Due to its own weight and the weight of the members above it, it is stably supported on the shaft mounting member 241 in a normal operation state, and unnecessary movement in the axial direction is prevented. Also, the shaft 24 and its shaft hole have only a gap that does not hinder smooth rotation.
Unnecessary movement other than rotation of the link mechanism device can be prevented.
Apply a lubricating substance such as lubricating oil to the rotating part as needed.

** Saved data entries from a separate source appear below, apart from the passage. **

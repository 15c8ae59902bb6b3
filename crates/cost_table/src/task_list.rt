//! The tasks of a tasks file.

ghost use Rattle.std.specs.Prelude.{◌≡◌, ◌≢◌, ◌≤◌, ◌++◌, length, map, IfOk, IfErr, OnOk};
ghost use Rattle.std.specs.Option.{option_map};
ghost use Rattle.toml.specs.View.{table_view, view};
ghost use Rattle.cost_table.specs.declared.fault.TableFault.TheVariants.{Memory};
ghost use Rattle.cost_table.specs.Entries.{AllRight, IsFirstFault};
ghost use Rattle.cost_table.specs.Tasks.{AreTasks};
ghost use Rattle.cost_table.specs.TaskFiles.{IsRightTask, IsWrongTask, MeansTasks, RefusesTasks, entry_tasks};
ghost use Rattle.cost_table.specs.TaskFiles.{task_entries, task_judging, tasks_in};

use crate::document::document;
use crate::fault::TableFault;
use crate::keys::{entries_at, nth};
use crate::task_entry::{has_task_top, is_free, is_task_name, sizes_of, task_entry};
use crate::task_set::Task;
use flow_base::{Name, Which};
use std::alloc::Global;
use toml::{Table, Value};

/// The tasks of a tasks file: those of its entries, in order.
///
/// `[[task]]` entries have `name`, a text, and `cost`, `period`, `deadline` and `priority`, whole
/// numbers. More than 64 entries are refused before any of them is looked at.
///
/// Takes time linear in the file.
pub fn tasks(alloc: Global, bytes: &[u8]) -> Result<Vec<Task>, TableFault>
    ensures means { IfOk result (λ tasks. MeansTasks bytes.now tasks.items) }
    ensures keep { IfOk result (λ tasks. AreTasks tasks.items) }
    ensures refused { IfErr result (λ fault. fault ≢ Memory → RefusesTasks bytes.now fault) }
{
    let table = match document(alloc, bytes) {
        Ok(table) => table,
        Err(fault) => return Err(fault),
    };
    let Some(values) = entries(&table) else {
        return Err(TableFault::Key(None));
    };
    if values.len() > 64 {
        return Err(TableFault::Limit(Which::Tasks, 65));
    }
    match all_tasks(alloc, values) {
        Ok(tasks) => Ok(tasks),
        Err(fault) => Err(fault),
    }
}

// The entries, if only `task` stands at the top.
#[tactic(auto, using(crate::proofs::Seen::only_keys_all))]
fn entries(table: &Table) -> Option<&[Value]>
    ensures { option_map (λ values. map view values.now) result ≡ task_entries (table_view table.now) }
{
    if has_task_top(table) {
        entries_at(table, "task")
    } else {
        None
    }
}

// The tasks of all entries.
fn all_tasks(alloc: Global, values: &[Value]) -> Result<Vec<Task>, TableFault>
    requires { length values.now ≤ 64 }
    ensures right { OnOk result (AllRight task_judging (map view values.now)) }
    ensures all { IfOk result (λ tasks. tasks.items ≡ tasks_in (map view values.now)) }
    ensures first { IfErr result (λ fault. fault ≢ Memory → IsFirstFault task_judging (map view values.now) fault) }
{
    let count = values.len() as u32;
    let mut tasks = Vec::new(alloc);
    for place in 0..count {
        if let Err(fault) = add_task(alloc, nth(values, place), place, &mut tasks) {
            return Err(fault);
        }
    }
    Ok(tasks)
}

// Adds the task of an entry.
fn add_task(
    alloc: Global,
    value: &Value,
    place: u32,
    tasks: &mut Vec<Task>,
) -> Result<(), TableFault>
    ensures right { OnOk result (IsRightTask tasks.old.items (view value.now)) }
    ensures more { OnOk result (tasks.new.items ≡ tasks.old.items ++ entry_tasks (view value.now)) }
    ensures wrong { IfErr result (λ fault. fault ≢ Memory → IsWrongTask tasks.old.items place (view value.now) fault) }
{
    let Some((name, numbers)) = task_entry(value) else {
        return Err(TableFault::Key(Some(place)));
    };
    if !is_task_name(name) {
        return Err(TableFault::Range(place));
    }
    let Some(sizes) = sizes_of(&numbers) else {
        return Err(TableFault::Range(place));
    };
    if !is_free(tasks, sizes.priority) {
        return Err(TableFault::Range(place));
    }
    let Ok(name) = Name::new(alloc, name.as_bytes()) else {
        return Err(TableFault::Memory);
    };
    let task = Task {
        name,
        cost: sizes.cost,
        period: sizes.period,
        deadline: sizes.deadline,
        priority: sizes.priority,
    };
    let Ok(()) = tasks.push(task) else {
        return Err(TableFault::Memory);
    };
    Ok(())
}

FIGS. 3 and 4 are views illustrating the structure of the bearing at the connection between the second connection member 12 and the first connection member 11 in the first link mechanism 1. FIG. In FIG.
The shaft 13 is inserted into the shaft hole of the second connecting member, and the fixing bolt 1 is inserted.
The shaft is fixed by 35. The end of the shaft 13 is rotatably supported by ball bearings 133 and 134 attached to the first connection member 11. One ball bearing 13
4 is supported by a bearing support member 136 for easy assembly, and attached to the first connection member 11 by bolts 137. The ball bearing uses a flange, and prevents outward movement by the flange. At the final stage of assembly, the bearing support member 136 is connected to the first connecting member 11 by the bolt 1.
It is assembled at 37, but the compression force between the shaft and the ball bearing is adjusted to prevent both axial movement and smooth rotation.

In FIG. 4, the ball bearing 13
3, 134 are received from outside the first connection member 11 in the receiving holes 139.
And fix the flange to the connection member side,
The shaft and mounting bolt 47 is inserted into the inside of the ball bearing, and is screwed and connected to a nut provided on the second connection member 12. The gap can be adjusted by inserting a spacer 48 between the ball bearing and the connection member 12.
In addition, a slit 49 is provided in a part of the first connecting member 11 to provide a spring effect, and a preload is applied to the ball bearing to eliminate unnecessary movement in the operation of the link mechanism. Alternatively, by providing a surface bearing as a receiving hole of the ball bearing, a normal type ball bearing without a flange can be used.

FIG. 5 shows an embodiment of a block constituting the connector 4 and a shaft attached thereto. Connector 4
Block 41, two shafts 42 and 43 are attached at a predetermined angle. The two shafts 42 and 43 are inserted into the shaft holes 15 and 25 as described above. In order to facilitate the assembly, after attaching the first and second link mechanisms to the gantry, one of the shafts 42 or 43 is inserted into the shaft hole 15 or 25 provided in the node of the link mechanism to be axially mounted. . Next, the shaft is inserted into the shaft hole of the other link mechanism for attaching the other shaft, and the shaft 42 or 4 is inserted into the screw hole provided in the block 41.
3 can be fixed by a means such as screwing in and fixing the screw 46 provided in 3. Also, at the other end of the shafts 42 and 43,
A method of providing a groove 44 and attaching a snap ring 45 to prevent falling off can be used.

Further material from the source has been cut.